## Your task
In the material below, find each line holding the string "then" and copy it.

--------------------------------

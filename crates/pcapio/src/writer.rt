//! The writer of a capture: little-endian, Ethernet, with the resolution given to `open`.
ghost use Rattle.std.specs.Prelude.{◌≡◌, Some, None, IfOk, IfErr, OnOk, OnErr};
ghost use Rattle.std.specs.Io.KnownBytes.{Keeps};
ghost use Rattle.pcapio.specs.WriteBuffer.{AddsRecord, BeginsToAddRecord, SendsAll, BeginsToSend, KeepsUnsent};
ghost use Rattle.pcapio.specs.Counted.{HasFailed, HasNotFailed};

mod frames;

use crate::counted::{Counted, Failed};
use crate::text::{header_bytes, header_of};
use crate::write_buffer::WriteBuffer;
use mbuf::Chain;
use pcapio_laws::{CapFault, Resolution};
use std::alloc::Global;
use std::io::Write;

/// A writer of a capture. After a fault it returns that fault again and doesn't touch its device.
#[derive(Debug, Drop)]
pub struct Writer<W> {
    device: Counted<W>,
    behind: WriteBuffer,
    fault: Option<CapFault>,
}

impl<W: Write> Writer<W> {
    ghost use Rattle.pcapio.specs.Writer.{text, fault_of, sink_of, IsWell, Fails};
    ghost use Rattle.pcapio.specs.Writer.{Opens, Puts, BeginsToPut, IsTold, IsToldPart};

    /// A writer of a capture on the device. All memory it needs is taken here: a buffer of 64 KiB, in which the file
    /// header waits.
    ///
    /// Errors: 7 `Memory`, with the device handed back untouched.
    pub fn open(
        alloc: Global,
        device: Counted<W>,
        resolution: Resolution,
    ) -> Result<Writer<W>, (Counted<W>, CapFault)>
        ensures text { IfOk result (Opens W.contents device resolution) }
        ensures begins { IfOk result IsWell }
        ensures device { IfOk result (λ opened. sink_of opened ≡ device) }
        ensures cause { IfErr result (λ refused. refused ≡ (device, CapFault.Memory)) }
    {
        let Ok(mut behind) = WriteBuffer::new(alloc) else {
            return Err((device, CapFault::Memory));
        };
        behind.begin(&header_bytes(resolution));
        Ok(Writer {
            device,
            behind,
            fault: None,
        })
    }

    /// Adds the record of a packet whose bytes are in a chain. Takes no memory.
    ///
    /// The file is known to be a capture if the chain has at most `MAX_CAPTURED` bytes and `wire` isn't below its
    /// length; this call doesn't test it.
    ///
    /// Errors: 6 `Write` if the device failed.
    pub fn put(
        &mut self,
        seconds: u32,
        fraction: u32,
        wire: u32,
        chain: &Chain,
    ) -> Result<(), CapFault>
        ensures ok { OnOk result (Puts W.contents self.old self.new seconds fraction wire chain.now) }
        ensures no_failure { OnOk result (IsWell self.new) }
        ensures worked { OnOk result (HasNotFailed (sink_of self.old) (sink_of self.new)) }

        // Faults. A prefix of what was to be written has then been written to the device.
        ensures begins { OnErr result (BeginsToPut W.contents self.old self.new seconds fraction wire chain.now) }
        ensures fault { IfErr result (λ fault. fault_of self.new ≡ Some fault) }
        ensures cause { IsWell self.old → IfErr result (λ fault. fault ≡ CapFault.Write) }
        ensures failed { IsWell self.old → OnErr result (Fails self.old self.new) }
        ensures stays { (f : CapFault) → fault_of self.old ≡ Some f → (result ≡ Err f) × (self.new ≡ self.old) }
    {
        if let Some(fault) = self.fault {
            return Err(fault);
        }
        let head = header_of(seconds, fraction, wire, chain);
        match put_record(&mut self.behind, &mut self.device, &head, chain) {
            Ok(()) => Ok(()),
            Err(Failed) => Err(self.give_up()),
        }
    }

    /// Writes everything that was put to the device, and flushes the device. Takes no memory.
    ///
    /// Errors: 6 `Write` if the device failed.
    pub fn flush(&mut self) -> Result<(), CapFault>
        ensures ok { OnOk result (IsTold W.contents self.old self.new) }
        ensures text { OnOk result (Keeps (text W.contents self.old) (text W.contents self.new)) }
        ensures no_failure { OnOk result (IsWell self.new) }
        ensures worked { OnOk result (HasNotFailed (sink_of self.old) (sink_of self.new)) }

        // Faults. A prefix of it has then been written to the device.
        ensures begins { OnErr result (IsToldPart W.contents self.old self.new) }
        ensures fault { IfErr result (λ fault. fault_of self.new ≡ Some fault) }
        ensures cause { IsWell self.old → IfErr result (λ fault. fault ≡ CapFault.Write) }
        ensures failed { IsWell self.old → OnErr result (Fails self.old self.new) }
        ensures stays { (f : CapFault) → fault_of self.old ≡ Some f → (result ≡ Err f) × (self.new ≡ self.old) }
    {
        if let Some(fault) = self.fault {
            return Err(fault);
        }
        match flush_all(&mut self.behind, &mut self.device) {
            Ok(()) => Ok(()),
            Err(Failed) => Err(self.give_up()),
        }
    }

    /// The device. What is still waiting isn't written.
    pub fn into_inner(self) -> Counted<W>
        ensures { result ≡ sink_of self }
    {
        self.device
    }

    fn give_up(&mut self) -> CapFault
        ensures fault { result ≡ CapFault.Write }
        ensures kept { fault_of self.new ≡ Some CapFault.Write }
        ensures device { sink_of self.new ≡ sink_of self.old }
    {
        self.fault = Some(CapFault::Write);
        CapFault::Write
    }
}

/// Adds a record to what is waiting. After a failure, a prefix of all of it has been written to the device.
fn put_record<W: Write>(
    behind: &mut WriteBuffer,
    device: &mut Counted<W>,
    head: &[u8],
    chain: &Chain,
) -> Result<(), Failed>
    ensures ok { OnOk result (AddsRecord W.contents behind.old device.old behind.new device.new head.now chain.now) }
    ensures begins { OnErr result (BeginsToAddRecord W.contents behind.old device.old device.new head.now chain.now) }
    ensures no_failure { OnOk result (HasNotFailed device.old device.new) }
    ensures failed { OnErr result (HasFailed device.old device.new) }
{
    behind.add(device, head)?;
    for i in 0..chain.segments() {
        behind.add(device, chain.part(i))?;
    }
    Ok(())
}

/// Writes everything that is waiting, and flushes the device.
fn flush_all<W: Write>(behind: &mut WriteBuffer, device: &mut Counted<W>) -> Result<(), Failed>
    ensures exact { OnOk result (SendsAll W.contents behind.old device.old device.new) }
    ensures kept { OnOk result (KeepsUnsent W.contents behind.old device.old behind.new device.new) }
    ensures begins { OnErr result (BeginsToSend W.contents behind.old device.old device.new) }
    ensures no_failure { OnOk result (HasNotFailed device.old device.new) }
    ensures failed { OnErr result (HasFailed device.old device.new) }
{
    behind.write_out(device)?;
    device.flush()
}
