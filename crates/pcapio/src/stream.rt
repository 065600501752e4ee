//! The bytes of a record, read into the segments of a chain.
ghost use Rattle.std.specs.Prelude.{◌≡◌, ◌≤◌, length, OnOk, OnErr};
ghost use Rattle.mbuf.specs.Chain.{bytes_of, shape_of, fresh_of, HasSameSegments, space_of};
ghost use Rattle.pcapio.specs.ReadBuffer.{Gives, HasFewer};
ghost use Rattle.pcapio.specs.Answer.{OnAll, OnCut};
ghost use Rattle.pcapio.specs.Counted.{HasFailed, HasNotFailed};

use crate::counted::{Counted, Failed};
use crate::read_buffer::ReadBuffer;
use mbuf::Chain;
use std::io::Read;

/// Reads over all bytes of the chain, or reports that fewer are left.
fn fill_chain<R: Read>(
    ahead: &mut ReadBuffer,
    device: &mut Counted<R>,
    chain: &mut Chain,
) -> Result<bool, Failed>
    ensures whole { OnAll result (Gives R.remaining ahead.old device.old ahead.new device.new (bytes_of chain.new)) }
    ensures short { OnCut result (HasFewer R.remaining (length (bytes_of chain.old)) ahead.old device.old) }
    ensures shape { shape_of chain.new ≡ shape_of chain.old }
    ensures ok { OnOk result (HasNotFailed device.old device.new) }
    ensures err { OnErr result (HasFailed device.old device.new) }
{
    for i in 0..chain.segments() {
        if !ahead.fill(device, chain.part_mut(i))? {
            return Ok(false);
        }
    }
    Ok(true)
}

/// Makes the packet `count` bytes long, and reads them; or makes the chain fresh, and reports that fewer are left.
pub(crate) fn read_body<R: Read>(
    ahead: &mut ReadBuffer,
    device: &mut Counted<R>,
    chain: &mut Chain,
    count: usize,
) -> Result<bool, Failed>
    requires space { count ≤ space_of chain.old }
    ensures whole { OnAll result (Gives R.remaining ahead.old device.old ahead.new device.new (bytes_of chain.new)) }
    ensures length { OnAll result (length (bytes_of chain.new) ≡ count) }
    ensures short { OnCut result (HasFewer R.remaining count ahead.old device.old) }
    ensures kept { HasSameSegments chain.new chain.old }
    ensures fresh { OnCut result (chain.new ≡ fresh_of chain.old) }
    ensures given_up { OnErr result (chain.new ≡ fresh_of chain.old) }
    ensures ok { OnOk result (HasNotFailed device.old device.new) }
    ensures err { OnErr result (HasFailed device.old device.new) }
{
    let Ok(()) = chain.resize(count) else {
        unreachable!();
    };
    match fill_chain(ahead, device, chain) {
        Ok(true) => Ok(true),
        Ok(false) => {
            chain.reset();
            Ok(false)
        }
        Err(Failed) => {
            chain.reset();
            Err(Failed)
        }
    }
}
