//! The reader's buffer: what was read from the device and not yet consumed. It is allocated once.
ghost use Rattle.std.specs.Prelude.{◌≡◌, ◌+◌, ◌<◌, ◌≤◌, [], ◌++◌, length, take, drop, min, vec_len};
ghost use Rattle.std.specs.Prelude.{IfOk, OnOk, OnErr};
ghost use Rattle.std.specs.Io.{ReadsAtMost};
ghost use Rattle.std.specs.Io.KnownBytes.{Keeps, IsAtEnd};
ghost use Rattle.pcapio.specs.Answer.{OnAll, OnCut};
ghost use Rattle.pcapio.specs.Counted.{to_come, GivesAt, HasFailed, HasNotFailed};

mod lending;

use crate::counted::{Counted, Failed};
use std::alloc::{AllocError, Global};
use std::io::Read;

/// The size of a buffer, in bytes.
pub(crate) const ROOM: usize = 65_536;

/// A piece of at least this many bytes, none of which is buffered, is read directly.
const DIRECT: usize = 16_384;

/// A row of fixed length. The bytes from `start` to `end` were read and not yet consumed.
#[derive(Debug, Drop)]
pub(crate) struct ReadBuffer {
    buffer: Vec<u8>,
    start: usize,
    end: usize,
    ghost ordered: { start ≤ end },
    ghost within: { end ≤ 65536 },
    ghost room: { vec_len buffer ≡ 65536 },
}

impl ReadBuffer {
    ghost use Rattle.pcapio.specs.ReadBuffer.{items, HasFewer, KeepsAll, Gives, LetsGo, ReadGives};

    pub(crate) fn new(alloc: Global) -> Result<ReadBuffer, AllocError>
        ensures { IfOk result (λ ahead. items ahead ≡ []) }
    {
        let mut buffer = Vec::with_capacity(alloc, ROOM)?;
        buffer.resize(ROOM, 0)?;
        Ok(ReadBuffer {
            buffer,
            start: 0,
            end: 0,
        })
    }

    #[inline]
    pub(crate) fn len(&self) -> usize
        ensures value { result ≡ length (items self.now) }
        ensures bound { result ≤ 65536 }
    {
        self.end - self.start
    }

    #[inline]
    pub(crate) fn as_slice(&self) -> &[u8]
        ensures { result.now ≡ items self.now }
    {
        let (start, end) = (self.start, self.end);
        let all = self.buffer.as_slice();
        &all[start..end]
    }

    /// Consumes the first `count` bytes.
    #[inline]
    pub(crate) fn consume(&mut self, count: usize)
        requires { count ≤ length (items self.old) }
        ensures { items self.new ≡ drop count (items self.old) }
    {
        self.start += count;
    }

    /// Moves the buffered bytes to the front, so that there is room after them.
    fn move_to_front(&mut self)
        ensures items { items self.new ≡ items self.old }
        ensures start { self.new.start ≡ 0 }
    {
        let (start, end) = (self.start, self.end);
        self.buffer.as_mut_slice().copy_within(start..end, 0);
        self.start = 0;
        self.end = end - start;
    }

    /// Reads once, after the buffered bytes.
    fn read_behind<R: Read>(&mut self, device: &mut Counted<R>) -> Result<usize, Failed>
        ensures all { KeepsAll R.remaining self.old device.old self.new device.new }
        ensures more { IfOk result (λ count. length (items self.new) ≡ length (items self.old) + count) }
        ensures end { self.old.end < 65536 → IfOk result (λ n. n ≡ 0 → IsAtEnd (to_come R.remaining device.new)) }
        ensures start { self.new.start ≡ self.old.start }
        ensures ok { OnOk result (HasNotFailed device.old device.new) }
        ensures err { OnErr result (HasFailed device.old device.new) }
    {
        let end = self.end;
        let count = read_at(device, &mut self.buffer, end)?;
        self.end = end + count;
        Ok(count)
    }

    /// Reads until `count` bytes are buffered, or the device has no more.
    pub(crate) fn gather<R: Read>(
        &mut self,
        device: &mut Counted<R>,
        count: usize,
    ) -> Result<bool, Failed>
        requires { count ≤ 65536 }
        ensures all { KeepsAll R.remaining self.old device.old self.new device.new }
        ensures whole { OnAll result (count ≤ length (items self.new)) }
        ensures short { OnCut result (length (items self.new) < count) }
        ensures end { OnCut result (IsAtEnd (to_come R.remaining device.new)) }
        ensures ok { OnOk result (HasNotFailed device.old device.new) }
        ensures err { OnErr result (HasFailed device.old device.new) }
    {
        if self.len() >= count {
            return Ok(true);
        }
        self.move_to_front();
        while self.len() < count {
            if self.read_behind(device)? == 0 {
                return Ok(false);
            }
        }
        Ok(true)
    }

    /// Reads once if nothing is buffered, and returns how many bytes then are: 0 only if the device has no more.
    fn ready<R: Read>(&mut self, device: &mut Counted<R>) -> Result<usize, Failed>
        ensures all { KeepsAll R.remaining self.old device.old self.new device.new }
        ensures count { IfOk result (λ count. count ≡ length (items self.new)) }
        ensures end { IfOk result (λ count. count ≡ 0 → IsAtEnd (to_come R.remaining device.new)) }
        ensures ok { OnOk result (HasNotFailed device.old device.new) }
        ensures err { OnErr result (HasFailed device.old device.new) }
    {
        if self.len() == 0 {
            self.move_to_front();
            self.read_behind(device)?;
        }
        Ok(self.len())
    }

    /// Moves bytes from the front to `out`, as many as both have.
    #[inline]
    fn give(&mut self, out: &mut [u8]) -> usize
        ensures count { result ≡ min (length out.old) (length (items self.old)) }
        ensures bytes { items self.old ≡ take result out.new ++ items self.new }
    {
        let there = self.as_slice();
        let count = out.len().min(there.len());
        out[..count].copy_from_slice(&there[..count]);
        self.consume(count);
        count
    }

    /// Reads once. A large piece, none of which is buffered, bypasses the buffer.
    fn read<R: Read>(&mut self, device: &mut Counted<R>, out: &mut [u8]) -> Result<usize, Failed>
        ensures bound { ReadsAtMost result out.new }
        ensures bytes { ReadGives R.remaining self.old device.old self.new device.new result out.new }
        ensures ok { OnOk result (HasNotFailed device.old device.new) }
        ensures err { OnErr result (HasFailed device.old device.new) }
    {
        if self.len() == 0 && out.len() >= DIRECT {
            return device.read(out);
        }
        self.ready(device)?;
        Ok(self.give(out))
    }

    /// Fills the whole of `out`, or reports that fewer bytes are left.
    pub(crate) fn fill<R: Read>(
        &mut self,
        device: &mut Counted<R>,
        out: &mut [u8],
    ) -> Result<bool, Failed>
        ensures whole { OnAll result (Gives R.remaining self.old device.old self.new device.new out.new) }
        ensures short { OnCut result (HasFewer R.remaining (length out.old) self.old device.old) }
        ensures ok { OnOk result (HasNotFailed device.old device.new) }
        ensures err { OnErr result (HasFailed device.old device.new) }
    {
        let mut at = 0;
        while at < out.len() {
            let count = self.read(device, &mut out[at..])?;
            if count == 0 {
                return Ok(false);
            }
            at += count;
        }
        Ok(true)
    }

    /// Skips `count` bytes, or reports that fewer are left.
    pub(crate) fn skip<R: Read>(
        &mut self,
        device: &mut Counted<R>,
        count: usize,
    ) -> Result<bool, Failed>
        ensures whole { OnAll result (LetsGo R.remaining self.old device.old self.new device.new count) }
        ensures short { OnCut result (HasFewer R.remaining count self.old device.old) }
        ensures ok { OnOk result (HasNotFailed device.old device.new) }
        ensures err { OnErr result (HasFailed device.old device.new) }
    {
        let mut left = count;
        while left > 0 {
            let there = self.ready(device)?;
            if there == 0 {
                return Ok(false);
            }
            let gone = there.min(left);
            self.consume(gone);
            left -= gone;
        }
        Ok(true)
    }
}

/// Reads once into the buffer from byte `at` on.
fn read_at<R: Read>(
    device: &mut Counted<R>,
    buffer: &mut Vec<u8>,
    at: usize,
) -> Result<usize, Failed>
    requires { at ≤ vec_len buffer.old }
    ensures len { vec_len buffer.new ≡ vec_len buffer.old }
    ensures front { take at buffer.new.items ≡ take at buffer.old.items }
    ensures bound { IfOk result (λ count. at + count ≤ vec_len buffer.old) }
    ensures bytes { IfOk result (λ count. GivesAt R.remaining device.old device.new buffer.new.items at count) }
    ensures end { at < vec_len buffer.old → IfOk result (λ n. n ≡ 0 → IsAtEnd (to_come R.remaining device.new)) }
    ensures none { OnErr result (Keeps (to_come R.remaining device.old) (to_come R.remaining device.new)) }
    ensures ok { OnOk result (HasNotFailed device.old device.new) }
    ensures err { OnErr result (HasFailed device.old device.new) }
{
    device.read(&mut buffer.as_mut_slice()[at..])
}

--------------------------------

## Worked solution
        // Faults. A prefix of what was to be written has then been written to the device.
        // Faults. A prefix of it has then been written to the device.
    /// Reads once if nothing is buffered, and returns how many bytes then are: 0 only if the device has no more.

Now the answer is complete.